Within the material below, find each line bearing the word "OnOk" and present it.

START Provided records

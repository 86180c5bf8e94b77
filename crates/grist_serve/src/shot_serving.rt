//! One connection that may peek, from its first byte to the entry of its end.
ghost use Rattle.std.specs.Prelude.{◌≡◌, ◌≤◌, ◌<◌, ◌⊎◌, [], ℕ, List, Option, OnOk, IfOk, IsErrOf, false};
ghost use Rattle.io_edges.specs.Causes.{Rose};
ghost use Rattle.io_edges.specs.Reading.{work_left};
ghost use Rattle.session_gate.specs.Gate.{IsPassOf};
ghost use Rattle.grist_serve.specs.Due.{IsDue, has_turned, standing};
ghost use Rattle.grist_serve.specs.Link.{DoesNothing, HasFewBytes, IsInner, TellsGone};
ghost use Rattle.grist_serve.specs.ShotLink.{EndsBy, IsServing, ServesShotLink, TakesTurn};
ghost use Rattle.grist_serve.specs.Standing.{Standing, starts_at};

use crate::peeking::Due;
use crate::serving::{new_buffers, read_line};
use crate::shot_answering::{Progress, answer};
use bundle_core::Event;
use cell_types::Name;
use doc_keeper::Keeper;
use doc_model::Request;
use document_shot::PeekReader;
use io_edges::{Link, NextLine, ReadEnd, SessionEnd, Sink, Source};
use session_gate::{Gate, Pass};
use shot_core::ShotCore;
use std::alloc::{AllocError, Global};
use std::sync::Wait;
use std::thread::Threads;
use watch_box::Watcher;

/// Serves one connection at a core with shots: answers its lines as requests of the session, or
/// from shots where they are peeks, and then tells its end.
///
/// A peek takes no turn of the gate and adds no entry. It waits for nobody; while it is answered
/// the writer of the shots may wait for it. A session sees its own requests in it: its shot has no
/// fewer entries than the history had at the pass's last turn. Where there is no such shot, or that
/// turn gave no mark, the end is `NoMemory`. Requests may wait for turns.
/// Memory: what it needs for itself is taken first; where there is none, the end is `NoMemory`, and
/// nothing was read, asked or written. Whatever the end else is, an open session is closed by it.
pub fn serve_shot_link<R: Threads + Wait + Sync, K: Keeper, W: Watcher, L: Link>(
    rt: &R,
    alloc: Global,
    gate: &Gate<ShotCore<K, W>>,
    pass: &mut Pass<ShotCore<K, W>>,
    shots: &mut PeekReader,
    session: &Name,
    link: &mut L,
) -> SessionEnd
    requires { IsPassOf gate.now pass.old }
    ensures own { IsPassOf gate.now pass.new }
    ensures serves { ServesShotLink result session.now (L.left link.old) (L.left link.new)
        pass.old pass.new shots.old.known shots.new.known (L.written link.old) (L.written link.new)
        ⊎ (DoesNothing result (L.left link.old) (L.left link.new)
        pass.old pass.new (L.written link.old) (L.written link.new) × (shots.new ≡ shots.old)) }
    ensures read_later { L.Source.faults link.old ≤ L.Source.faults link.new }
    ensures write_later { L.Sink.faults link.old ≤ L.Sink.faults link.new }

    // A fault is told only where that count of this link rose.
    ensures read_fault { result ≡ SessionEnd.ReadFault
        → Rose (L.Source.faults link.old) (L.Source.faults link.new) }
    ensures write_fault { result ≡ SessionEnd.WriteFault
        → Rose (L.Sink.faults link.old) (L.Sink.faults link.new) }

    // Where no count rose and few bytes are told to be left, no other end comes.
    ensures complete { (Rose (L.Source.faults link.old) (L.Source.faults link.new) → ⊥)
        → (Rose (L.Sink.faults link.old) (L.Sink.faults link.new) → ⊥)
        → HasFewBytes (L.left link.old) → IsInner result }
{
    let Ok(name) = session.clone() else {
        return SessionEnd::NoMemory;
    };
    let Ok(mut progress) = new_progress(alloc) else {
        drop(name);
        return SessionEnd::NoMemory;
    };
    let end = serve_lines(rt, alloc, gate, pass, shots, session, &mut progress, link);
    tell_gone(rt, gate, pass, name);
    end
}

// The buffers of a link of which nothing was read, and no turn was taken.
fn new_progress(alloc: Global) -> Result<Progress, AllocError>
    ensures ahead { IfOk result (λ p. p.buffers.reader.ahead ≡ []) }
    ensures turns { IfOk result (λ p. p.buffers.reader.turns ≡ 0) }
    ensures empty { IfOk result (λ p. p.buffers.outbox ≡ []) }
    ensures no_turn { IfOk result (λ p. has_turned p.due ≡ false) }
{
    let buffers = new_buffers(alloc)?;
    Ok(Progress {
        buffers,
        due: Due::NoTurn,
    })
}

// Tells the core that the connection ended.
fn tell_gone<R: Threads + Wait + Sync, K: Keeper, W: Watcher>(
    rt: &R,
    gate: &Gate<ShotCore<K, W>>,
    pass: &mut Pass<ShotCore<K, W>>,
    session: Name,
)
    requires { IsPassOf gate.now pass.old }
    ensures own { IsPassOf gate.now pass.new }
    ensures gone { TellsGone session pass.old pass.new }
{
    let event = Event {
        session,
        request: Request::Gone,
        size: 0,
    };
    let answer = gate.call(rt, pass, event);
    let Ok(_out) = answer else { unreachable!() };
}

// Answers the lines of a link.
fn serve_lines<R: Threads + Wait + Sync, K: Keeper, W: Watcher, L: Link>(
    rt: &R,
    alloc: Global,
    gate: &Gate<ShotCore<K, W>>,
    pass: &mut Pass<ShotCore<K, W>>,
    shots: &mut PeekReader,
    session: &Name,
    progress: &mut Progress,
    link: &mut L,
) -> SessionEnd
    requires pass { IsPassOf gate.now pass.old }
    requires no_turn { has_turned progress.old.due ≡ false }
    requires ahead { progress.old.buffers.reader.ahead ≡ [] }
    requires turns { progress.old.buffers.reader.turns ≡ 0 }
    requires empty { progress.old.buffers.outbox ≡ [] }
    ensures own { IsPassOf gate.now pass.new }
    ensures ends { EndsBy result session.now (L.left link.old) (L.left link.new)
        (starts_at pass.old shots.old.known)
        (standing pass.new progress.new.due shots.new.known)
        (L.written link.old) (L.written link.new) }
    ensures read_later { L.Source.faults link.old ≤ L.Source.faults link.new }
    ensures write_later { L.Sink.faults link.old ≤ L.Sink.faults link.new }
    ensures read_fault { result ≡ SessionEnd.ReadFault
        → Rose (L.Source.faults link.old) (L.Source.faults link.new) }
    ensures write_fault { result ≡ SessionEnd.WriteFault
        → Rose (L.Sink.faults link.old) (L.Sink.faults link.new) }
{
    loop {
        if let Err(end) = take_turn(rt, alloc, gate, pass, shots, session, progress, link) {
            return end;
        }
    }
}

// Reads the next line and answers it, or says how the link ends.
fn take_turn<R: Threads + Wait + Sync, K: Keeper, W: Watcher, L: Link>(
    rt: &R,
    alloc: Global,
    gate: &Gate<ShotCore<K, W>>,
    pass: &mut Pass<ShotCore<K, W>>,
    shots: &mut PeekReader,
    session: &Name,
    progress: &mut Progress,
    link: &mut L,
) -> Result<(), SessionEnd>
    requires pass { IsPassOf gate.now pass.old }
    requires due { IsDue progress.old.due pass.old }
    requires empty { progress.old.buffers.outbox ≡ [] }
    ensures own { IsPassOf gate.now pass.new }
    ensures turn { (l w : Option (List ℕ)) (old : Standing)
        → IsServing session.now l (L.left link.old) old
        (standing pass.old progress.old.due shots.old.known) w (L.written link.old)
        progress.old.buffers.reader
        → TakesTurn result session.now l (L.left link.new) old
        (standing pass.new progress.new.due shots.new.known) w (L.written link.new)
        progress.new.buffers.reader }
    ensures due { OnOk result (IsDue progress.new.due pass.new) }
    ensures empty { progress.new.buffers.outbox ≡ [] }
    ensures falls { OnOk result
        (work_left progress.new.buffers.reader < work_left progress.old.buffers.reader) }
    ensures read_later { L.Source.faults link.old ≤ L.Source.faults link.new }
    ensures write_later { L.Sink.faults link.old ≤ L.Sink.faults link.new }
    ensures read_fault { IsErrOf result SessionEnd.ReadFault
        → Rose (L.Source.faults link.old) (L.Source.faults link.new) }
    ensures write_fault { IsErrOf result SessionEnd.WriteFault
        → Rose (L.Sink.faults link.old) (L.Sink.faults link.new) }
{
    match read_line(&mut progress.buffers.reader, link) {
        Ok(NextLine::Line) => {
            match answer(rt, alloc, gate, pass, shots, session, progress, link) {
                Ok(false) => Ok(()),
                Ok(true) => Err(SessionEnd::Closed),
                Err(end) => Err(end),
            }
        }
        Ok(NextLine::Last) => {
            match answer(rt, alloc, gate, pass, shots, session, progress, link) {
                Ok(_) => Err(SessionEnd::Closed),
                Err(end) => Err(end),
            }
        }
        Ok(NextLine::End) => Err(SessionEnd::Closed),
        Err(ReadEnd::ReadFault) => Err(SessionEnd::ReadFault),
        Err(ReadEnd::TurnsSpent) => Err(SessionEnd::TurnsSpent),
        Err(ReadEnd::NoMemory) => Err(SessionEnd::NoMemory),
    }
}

END Provided records

[Result for this exercise]:
ghost use Rattle.std.specs.Prelude.{◌≡◌, ◌≤◌, ◌<◌, ◌⊎◌, [], ℕ, List, Option, OnOk, IfOk, IsErrOf, false};
    ensures due { OnOk result (IsDue progress.new.due pass.new) }
    ensures falls { OnOk result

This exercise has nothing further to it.